Va bene ma in modo civile, mica si chiede di andare col forcone… anche già cominciare a mettere qualche striscione sotto la sede… magari palesando il malcontento contro Elliot, Cardinale e una situazione a livello di proprietà poco trasparente. Criticare le scarse ambizioni da parte della proprietà in maniera civile… sembra che vada tutto bene, boh…


----------



## danjr (23 Luglio 2022)

Swaitak ha scritto:


> se per voi la squadra è completa ok, non protestate, questione di gusti.


Completa per? Lo scudetto non lo vinciamo neanche con botman sanches e cdk e in Champions ci arriviamo anche senza di loro. Io manifesto qua sopra il mio malumore per la campagna acquisti inesistente, ma dopo 11 anni di nulla, sarebbe proprio assurda una contestazione nell’anno dello scudetto


----------



## Divoratore Di Stelle (23 Luglio 2022)

danjr ha scritto:


> Completa per? Lo scudetto non lo vinciamo neanche con botman sanches e cdk e in Champions ci arriviamo anche senza di loro. Io manifesto qua sopra il mio malumore per la campagna acquisti inesistente, ma dopo 11 anni di nulla, sarebbe proprio assurda una contestazione nell’anno dello scudetto



Completa per aprire un ciclo.
Lo scudetto potrebbe anche arrivare facendo uno sforzo (acquistando 3 giocatori nei nostri 3 ruoli chiave),ma evidentement questo sforzo non lo vogliono fare.

Quando dici che nell'anno dello scudetto blablabla...sei stato anche tu comprato con lo scudettino.
E questo sarà l'alibi perfetto per i prossimi anni.

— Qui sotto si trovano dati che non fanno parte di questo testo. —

impl<T: Eq + Hash, S: BuildHasher> LinkedHashSet<T, S> {
    ghost use Rattle.std.specs.Borrow.{sem};
    ghost use Rattle.linked_hash_set.specs.Lends.{ends_inserted, ends_so};

    /// Inserts an item at the back, and returns whether it is new. If it is present, the stored
    /// item moves to the back, and `item` is dropped. Hashes the item once.
    ///
    /// Only a new item at full capacity allocates: it raises the capacity by one, or is refused and
    /// handed back. It is O(1), or up to O(n) at full capacity.
    ///
    /// # Examples
    ///
    /// ```rust
    /// let mut set = LinkedHashSet::new(rt.alloc());
    /// assert!(rt; set.insert('x')?);
    /// assert!(rt; set.insert('y')?);
    /// assert!(rt; !set.insert('x')?);
    /// assert_eq!(rt; set.back(), Some(&'x'));
    /// ```
    #[inline]
    pub fn insert(&mut self, item: T) -> Result<bool, Refused<T>>
    where
        T: Drop,
        // On success the item is at the back, and the others stay.
        ensures new { IfOk result (λ new. new ≡ not (contains T.eq self.old.items item)) }
        ensures items { OnOk result (self.new.items ≡ to_back T.eq self.old.items item) }
        ensures capacity { OnOk result
            (self.new.capacity ≡ max self.old.capacity (length self.new.items)) }
        ensures hasher { self.new.hasher ≡ self.old.hasher }
        ensures stays_valid { IsValid T.eq self.new }
        // Where it stands, and how many there are.
        ensures updates { OnOk result
            (Updates T.eq self.old.items self.new.items (T.eq item) true) }
        ensures last { OnOk result (last self.new.items
            ≡ Some (unwrap_or (find T.eq self.old.items item) item)) }
        ensures pushed { IfOk result (λ new. IsTrue new
            → self.new.items ≡ self.old.items ++ item ∷ []) }
        ensures len { IfOk result (λ new.
            length self.new.items ≡ length self.old.items + (if new then 1 else 0)) }

        // On failure the item comes back and nothing changes: it is new, and the set is full.
        ensures item_back { IfErr result (λ refused. refused.item ≡ item) }
        ensures unchanged { OnErr result (self.new ≡ self.old) }
        ensures absent { OnErr result (contains T.eq self.old.items item ≡ false) }
        ensures full { OnErr result (length self.old.items ≡ self.old.capacity) }
    {
        match self.map.insert(item, ()) {
            Ok(None) => Ok(true),
            Ok(Some(_unit)) => Ok(false),
            Err(refused) => Err(Refused { item: refused.key }),
        }
    }

    /// Inserts an item at the front, and returns whether it is new. If it is present, the stored
    /// item moves to the front, and `item` is dropped. Hashes the item once.
    ///
    /// It allocates, and is refused, as [`insert`](LinkedHashSet::insert) is, and costs as much.
    ///
    /// # Examples
    ///
    /// ```rust
    /// let mut set = LinkedHashSet::new(rt.alloc());
    /// assert!(rt; set.insert_front('x')?);
    /// assert!(rt; set.insert_front('y')?);
    /// assert_eq!(rt; set.front(), Some(&'y'));
    /// assert!(rt; !set.insert_front('x')?);
    /// assert_eq!(rt; set.front(), Some(&'x'));
    /// ```
    pub fn insert_front(&mut self, item: T) -> Result<bool, Refused<T>>
    where
        T: Drop,
        // On success the item is at the front, and the others stay.
        ensures new { IfOk result (λ new. new ≡ not (contains T.eq self.old.items item)) }
        ensures items { OnOk result (self.new.items ≡ put_front T.eq self.old.items item) }
        ensures capacity { OnOk result
            (self.new.capacity ≡ max self.old.capacity (length self.new.items)) }
        ensures hasher { self.new.hasher ≡ self.old.hasher }
        ensures stays_valid { IsValid T.eq self.new }
        // Where it stands, and how many there are.
        ensures updates { OnOk result
            (Updates T.eq self.old.items self.new.items (T.eq item) true) }
        ensures first { OnOk result (first self.new.items
            ≡ Some (unwrap_or (find T.eq self.old.items item) item)) }
        ensures pushed { IfOk result (λ new. IsTrue new
            → self.new.items ≡ item ∷ self.old.items) }
        ensures len { IfOk result (λ new.
            length self.new.items ≡ length self.old.items + (if new then 1 else 0)) }

        // On failure the item comes back and nothing changes: it is new, and the set is full.
        ensures item_back { IfErr result (λ refused. refused.item ≡ item) }
        ensures unchanged { OnErr result (self.new ≡ self.old) }
        ensures absent { OnErr result (contains T.eq self.old.items item ≡ false) }
        ensures full { OnErr result (length self.old.items ≡ self.old.capacity) }
    {
        match self.map.insert_front(item, ()) {
            Ok(None) => Ok(true),
            Ok(Some(_unit)) => Ok(false),
            Err(refused) => Err(Refused { item: refused.key }),
        }
    }

    /// Inserts an item at the back if it is absent, and returns whether it is. If it is present,
    /// the stored item keeps its place, and `item` is dropped. Hashes the item once.
    ///
    /// It allocates and is refused as [`insert`](LinkedHashSet::insert).
    ///
    /// # Examples
    ///
    /// ```rust
    /// let mut set = LinkedHashSet::new(rt.alloc());
    /// assert!(rt; set.insert_if_absent('x')?);
    /// assert!(rt; set.insert_if_absent('y')?);
    /// assert!(rt; !set.insert_if_absent('x')?);
    /// assert_eq!(rt; set.back(), Some(&'y'));
    /// ```
    pub fn insert_if_absent(&mut self, item: T) -> Result<bool, Refused<T>>
    where
        T: Drop,
        // On success a new item is at the back, and the others stay.
        ensures new { IfOk result (λ new. new ≡ not (contains T.eq self.old.items item)) }
        ensures items { OnOk result (self.new.items ≡ push_if_absent T.eq self.old.items item) }
        ensures capacity { OnOk result
            (self.new.capacity ≡ max self.old.capacity (length self.new.items)) }
        ensures hasher { self.new.hasher ≡ self.old.hasher }
        ensures stays_valid { IsValid T.eq self.new }
        // Where it stands, and how many there are.
        ensures updates { OnOk result
            (Updates T.eq self.old.items self.new.items (T.eq item) true) }
        ensures last { IfOk result (λ new. IsTrue new → last self.new.items ≡ Some item) }
        ensures pushed { IfOk result (λ new. IsTrue new
            → self.new.items ≡ self.old.items ++ item ∷ []) }
        ensures len { IfOk result (λ new.
            length self.new.items ≡ length self.old.items + (if new then 1 else 0)) }

        // On failure the item comes back and nothing changes: it is new, and the set is full.
        ensures item_back { IfErr result (λ refused. refused.item ≡ item) }
        ensures unchanged { OnErr result (self.new ≡ self.old) }
        ensures absent { OnErr result (contains T.eq self.old.items item ≡ false) }
        ensures full { OnErr result (length self.old.items ≡ self.old.capacity) }
    {
        match self.map.replace(item, ()) {
            Ok(None) => Ok(true),
            Ok(Some(_unit)) => Ok(false),
            Err(refused) => Err(Refused { item: refused.key }),
        }
    }

    /// Stores an item in place of the stored one that is the same, and returns that. If it is
    /// absent, it is inserted at the back, and `None` is returned. A present item keeps its place.
    /// Hashes the item once if it is present, and else twice.
    ///
    /// It allocates and is refused as [`insert`](LinkedHashSet::insert).
    ///
    /// # Examples
    ///
    /// ```rust
    /// let mut set = LinkedHashSet::new(rt.alloc());
    /// assert_eq!(rt; set.replace('x')?, None);
    /// assert_eq!(rt; set.replace('y')?, None);
    /// assert_eq!(rt; set.replace('x')?, Some('x'));
    /// assert_eq!(rt; set.back(), Some(&'y'));
    /// ```
    pub fn replace(&mut self, item: T) -> Result<Option<T>, Refused<T>>
    where
        T: Drop,
        // On success the item is there, and an equal one that was stored is returned.
        ensures old { IfOk result (λ old. old ≡ find T.eq self.old.items item) }
        ensures items { OnOk result (self.new.items ≡ set_or_push T.eq self.old.items item) }
        ensures capacity { OnOk result
            (self.new.capacity ≡ max self.old.capacity (length self.new.items)) }
        ensures hasher { self.new.hasher ≡ self.old.hasher }
        ensures stays_valid { IsValid T.eq self.new }
        // What is there.
        ensures updates { OnOk result
            (Updates T.eq self.old.items self.new.items (T.eq item) true) }

        // On failure the item comes back and nothing changes: it is new, and the set is full.
        ensures item_back { IfErr result (λ refused. refused.item ≡ item) }
        ensures unchanged { OnErr result (self.new ≡ self.old) }
        ensures absent { OnErr result (contains T.eq self.old.items item ≡ false) }
        ensures full { OnErr result (length self.old.items ≡ self.old.capacity) }
    {
        match self.map.replace_key(item) {
            Ok(old) => Ok(Some(old)),
            Err(item) => match self.map.insert(item, ()) {
                Ok(_none) => Ok(None),
                Err(refused) => Err(Refused { item: refused.key }),
            },
        }
    }

    /// Inserts an item as [`insert`](LinkedHashSet::insert) does, and returns the one at the back:
    /// the given item if it is new, and else the stored one, which moves there; `item` is then
    /// dropped. Hashes the item once.
    ///
    /// It allocates and is refused as [`insert`](LinkedHashSet::insert).
    ///
    /// # Examples
    ///
    /// ```rust
    /// let mut set = LinkedHashSet::new(rt.alloc());
    /// set.insert('x')?;
    /// assert_eq!(rt; set.get_or_insert('y')?, &'y');
    /// assert_eq!(rt; set.get_or_insert('x')?, &'x');
    /// assert_eq!(rt; (set.len(), set.back()), (2, Some(&'x')));
    /// ```
    pub fn get_or_insert(&mut self, item: T) -> Result<&T, Refused<T>>
    where
        T: Drop,
        ensures* inserts { sem 𝓛
            (ends_inserted T.row S.row S.Hasher.row T.Hash S.BuildHasher S.Hasher.Hasher self.entry
            item result) }
        ensures stored { IfOk result (λ stored.
            stored.now ≡ unwrap_or (find T.eq self.old.items item) item) }

        ensures item_back { IfErr result (λ refused. refused.item ≡ item) }
        ensures absent { OnErr result (contains T.eq self.old.items item ≡ false) }
        ensures full { OnErr result (length self.old.items ≡ self.old.capacity) }
    {
        let refused = self.put(item);
        self.back_or(refused)
    }

    /// Moves the stored item that is the same as a given one to the back, and returns it. If it is
    /// absent, an item is made of the given one, inserted as [`insert`](LinkedHashSet::insert)
    /// does, and the one at the back returned. Hashes the given item once, and the one made once.
    ///
    /// # Examples
    ///
    /// ```rust
    /// let mut set = LinkedHashSet::new(rt.alloc());
    /// set.insert('x')?;
    /// assert_eq!(rt; set.get_or_insert_with(&'y', |item| *item)?, &'y');
    /// assert_eq!(rt; set.get_or_insert_with(&'x', |_item| 'z')?, &'x');
    /// assert_eq!(rt; (set.len(), set.back()), (2, Some(&'x')));
    /// ```
    pub fn get_or_insert_with<Q: Equivalent<T>, F: FnOnce(Q) -> T>(
        &mut self,
        item: Q,
        make: F,
    ) -> Result<&T, Refused<T>>
    where
        T: Drop,
        requires { contains Q.equivalent self.old.items item ≡ false → F.pre make item }
        ensures* inserts { sem 𝓛
            (ends_so T.row S.row S.Hasher.row T.Hash S.BuildHasher S.Hasher.Hasher self.entry
            (RefreshedOrMade Q.equivalent T.eq (F.post make item) item self.old) result) }
        ensures stored { IfOk result (λ stored. contains Q.equivalent self.old.items item ≡ true
            → find Q.equivalent self.old.items item ≡ Some stored.now) }
        ensures made { IfOk result (λ stored. contains Q.equivalent self.old.items item ≡ false
            → (made : T) × F.post make item made
            × (stored.now ≡ unwrap_or (find T.eq self.old.items made) made)) }

        ensures item_back { IfErr result (λ refused. F.post make item refused.item) }
        ensures absent { OnErr result (contains Q.equivalent self.old.items item ≡ false) }
        ensures item_absent { IfErr result (λ refused.
            contains T.eq self.old.items refused.item ≡ false) }
        ensures full { OnErr result (length self.old.items ≡ self.old.capacity) }
    {
        let refused = self.put_with(item, make);
        self.back_or(refused)
    }

    /// Moves the stored item that is the same as a given one to the back. If it is absent, an item
    /// is made of the given one, inserted, and handed back if it is refused.
    fn put_with<Q: Equivalent<T>, F: FnOnce(Q) -> T>(&mut self, item: Q, make: F) -> Option<T>
    where
        T: Drop,
        requires { contains Q.equivalent self.old.items item ≡ false → F.pre make item }
        ensures put { IfNone result
            (RefreshedOrMade Q.equivalent T.eq (F.post make item) item self.old self.new) }
        ensures some { IfNone result (IsSome (last self.new.items)) }
        ensures found { IfNone result (contains Q.equivalent self.old.items item ≡ true
            → find Q.equivalent self.old.items item ≡ last self.new.items) }
        ensures made { IfNone result (contains Q.equivalent self.old.items item ≡ false
            → (made : T) × F.post make item made
            × (last self.new.items ≡ Some (unwrap_or (find T.eq self.old.items made) made))) }
        ensures refused { IfSome result (λ refused.
            (F.post make item refused × (contains T.eq self.old.items refused ≡ false))
            × (self.new ≡ self.old) × (contains Q.equivalent self.old.items item ≡ false)
            × (length self.old.items ≡ self.old.capacity)) }
    {
        if self.to_back(item) {
            return None;
        }
        self.put(make(item))
    }

    /// Inserts an item, and hands it back if it is refused.
    fn put(&mut self, item: T) -> Option<T>
    where
        T: Drop,
        ensures put { IfNone result (self.new ≡ inserted T.eq self.old item) }
        ensures last { IfNone result (last self.new.items
            ≡ Some (unwrap_or (find T.eq self.old.items item) item)) }
        ensures refused { IfSome result (λ refused. (refused ≡ item) × (self.new ≡ self.old)
            × (contains T.eq self.old.items item ≡ false)
            × (length self.old.items ≡ self.old.capacity)) }
    {
        match self.insert(item) {
            Ok(_new) => None,
            Err(refused) => Some(refused.item),
        }
    }

    /// Returns the back item, or the item that was refused.
    fn back_or(&self, refused: Option<T>) -> Result<&T, Refused<T>>
        requires { refused ≡ None → IsSome (last self.now.items) }
        ensures ok { IfOk result (λ stored. (refused ≡ None)
            × (last self.now.items ≡ Some stored.now)) }
        ensures err { IfErr result (λ error. refused ≡ Some error.item) }
    {
        match (self.back(), refused) {
            (_back, Some(item)) => Err(Refused { item }),
            (Some(stored), None) => Ok(stored),
            (None, None) => unreachable!(),
        }
    }
}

"eeeeh ma cosa volete di più,abbiamo vinto lo scudetto 4 anni fa"


----------



## Ambrole (23 Luglio 2022)

Certo che vi fate dei viaggi assurdi....pagati per non protestare


----------



## Andreas89 (23 Luglio 2022)

Questi dovrebbero mettere a ferro e fuoco Milanello per il mercato fiacco, dopo uno scudetto. Nel caso non lo facessero sarebbero dei venduti. Dovrebbero rovinare l’ambiente perfetto che si è creato perché l’Inter e la Juve “compranohihh” e noi prendiamo aramu.


----------



## Dexter (23 Luglio 2022)

Andreas89 ha scritto:


> Questi dovrebbero mettere a ferro e fuoco Milanello per il mercato fiacco, dopo uno scudetto. Nel caso non lo facessero sarebbero dei venduti. Dovrebbero rovinare l’ambiente perfetto che si è creato perché l’Inter e la Juve “compranohihh” e noi prendiamo aramu.


Però chessó, uno striscione del tipo "Gerry where are you" non sarebbe nulla di tragico...più che sul mercato l'eventuale protesta dovrebbe concentrarsi su una proprietà che non si sa cosa stia facendo col Milan.

Ma non mi aspetto niente, é giusto un pourparler. Aspettarsi qualcosa da chi si alza costantemente alle 4 di pomeriggio dopo notti movimentate sarebbe troppo, e mi fermo qui.


----------



## 7AlePato7 (23 Luglio 2022)

Dexter ha scritto:


> Però chessó, uno striscione del tipo "Gerry where are you" non sarebbe nulla di tragico...più che sul mercato l'eventuale protesta dovrebbe concentrarsi su una proprietà che non si sa cosa stia facendo col Milan.
> 
> Ma non mi aspetto niente, é giusto un pourparler. Aspettarsi qualcosa da chi si alza costantemente alle 4 di pomeriggio dopo notti movimentate sarebbe troppo, e mi fermo qui.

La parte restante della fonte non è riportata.